Recorded data:
+ + +
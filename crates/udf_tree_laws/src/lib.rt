//! Laws of the tree of kept entries: which children each has, and that from the root all are met by children. Each law is the contract
//! of a function with an empty body. It stands on the definitions of trees.
#![tactic(auto)]

ghost use Rattle.std.specs.Prelude.{◌≡◌, ◌≢◌, ◌≤◌, ◌↔◌, ℕ, AllPairs, Contains, None, true, length};
ghost use Rattle.udf_field.specs.declared.address.Addr.{Addr};
ghost use Rattle.udf_file_model.specs.Listing.{Volume};
ghost use Rattle.udf_tree_laws.specs.Subtree.{subtree};
ghost use Rattle.udf_tree_model.specs.Children.{children};
ghost use Rattle.udf_tree_model.specs.Frame.{Frame};
ghost use Rattle.udf_tree_model.specs.Ordinary.{is_kept_entry, kept_entries};
ghost use Rattle.udf_tree_model.specs.Parent.{parent};
ghost use Rattle.udf_tree_model.specs.Refused.{refusal};
ghost use Rattle.udf_tree_model.specs.Stated.{IsFileSetPlaced};

/// The children of a kept entry are the kept entries, but the root, whose parent it is, each once. No other entry than the root
/// may be kept at the file set's address for that: what such a one keeps would have the root as its parent, as what the file set
/// keeps has. Where the root is a kept entry, each other is a child of exactly one, its parent.
pub fn children_law()
    ensures members { (f : Frame) (v : Volume) → refusal f v ≡ None → IsFileSetPlaced f v
        → (is_kept_entry f v f.file_set ≡ true → f.file_set ≡ f.root) → (a b : Addr) → is_kept_entry f v a ≡ true
        → Contains (children f v a) b ↔ ((is_kept_entry f v b ≡ true) × (b ≢ f.root) × (parent f v b ≡ a)) }
    ensures once { (f : Frame) (v : Volume) (a : Addr) → is_kept_entry f v a ≡ true → AllPairs (λ x y. x ≢ y) (children f v a) }
    ensures one { (f : Frame) (v : Volume) → refusal f v ≡ None → IsFileSetPlaced f v
        → (is_kept_entry f v f.file_set ≡ true → f.file_set ≡ f.root) → is_kept_entry f v f.root ≡ true → (b : Addr)
        → is_kept_entry f v b ≡ true → b ≢ f.root → (is_kept_entry f v (parent f v b) ≡ true) × Contains (children f v (parent f v b)) b
        × ((a : Addr) → is_kept_entry f v a ≡ true → Contains (children f v a) b → a ≡ parent f v b) }
{}

/// From the root, where it is a kept entry, its children and theirs in turn are exactly the kept entries, each once, in no more
/// generations than there are kept entries.
pub fn walk_law()
    ensures members { (f : Frame) (v : Volume) → refusal f v ≡ None → IsFileSetPlaced f v
        → (is_kept_entry f v f.file_set ≡ true → f.file_set ≡ f.root) → is_kept_entry f v f.root ≡ true → (k : ℕ)
        → length (kept_entries f v) ≤ k → (a : Addr) → Contains (subtree f v k f.root) a ↔ (is_kept_entry f v a ≡ true) }
    ensures once { (f : Frame) (v : Volume) → refusal f v ≡ None → IsFileSetPlaced f v
        → (is_kept_entry f v f.file_set ≡ true → f.file_set ≡ f.root) → is_kept_entry f v f.root ≡ true → (k : ℕ)
        → AllPairs (λ x y. x ≢ y) (subtree f v k f.root) }
{}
+ + +
Write the opening line of the data above and every line after it, exactly, stopping once you have written the line with "true → (b : Addr)".

> **Exercise result**
filename crates/udf_tree_laws/src/lib.rt
//! Laws of the tree of kept entries: which children each has, and that from the root all are met by children. Each law is the contract
//! of a function with an empty body. It stands on the definitions of trees.
#![tactic(auto)]

ghost use Rattle.std.specs.Prelude.{◌≡◌, ◌≢◌, ◌≤◌, ◌↔◌, ℕ, AllPairs, Contains, None, true, length};
ghost use Rattle.udf_field.specs.declared.address.Addr.{Addr};
ghost use Rattle.udf_file_model.specs.Listing.{Volume};
ghost use Rattle.udf_tree_laws.specs.Subtree.{subtree};
ghost use Rattle.udf_tree_model.specs.Children.{children};
ghost use Rattle.udf_tree_model.specs.Frame.{Frame};
ghost use Rattle.udf_tree_model.specs.Ordinary.{is_kept_entry, kept_entries};
ghost use Rattle.udf_tree_model.specs.Parent.{parent};
ghost use Rattle.udf_tree_model.specs.Refused.{refusal};
ghost use Rattle.udf_tree_model.specs.Stated.{IsFileSetPlaced};

/// The children of a kept entry are the kept entries, but the root, whose parent it is, each once. No other entry than the root
/// may be kept at the file set's address for that: what such a one keeps would have the root as its parent, as what the file set
/// keeps has. Where the root is a kept entry, each other is a child of exactly one, its parent.
pub fn children_law()
    ensures members { (f : Frame) (v : Volume) → refusal f v ≡ None → IsFileSetPlaced f v
        → (is_kept_entry f v f.file_set ≡ true → f.file_set ≡ f.root) → (a b : Addr) → is_kept_entry f v a ≡ true
        → Contains (children f v a) b ↔ ((is_kept_entry f v b ≡ true) × (b ≢ f.root) × (parent f v b ≡ a)) }
    ensures once { (f : Frame) (v : Volume) (a : Addr) → is_kept_entry f v a ≡ true → AllPairs (λ x y. x ≢ y) (children f v a) }
    ensures one { (f : Frame) (v : Volume) → refusal f v ≡ None → IsFileSetPlaced f v
        → (is_kept_entry f v f.file_set ≡ true → f.file_set ≡ f.root) → is_kept_entry f v f.root ≡ true → (b : Addr)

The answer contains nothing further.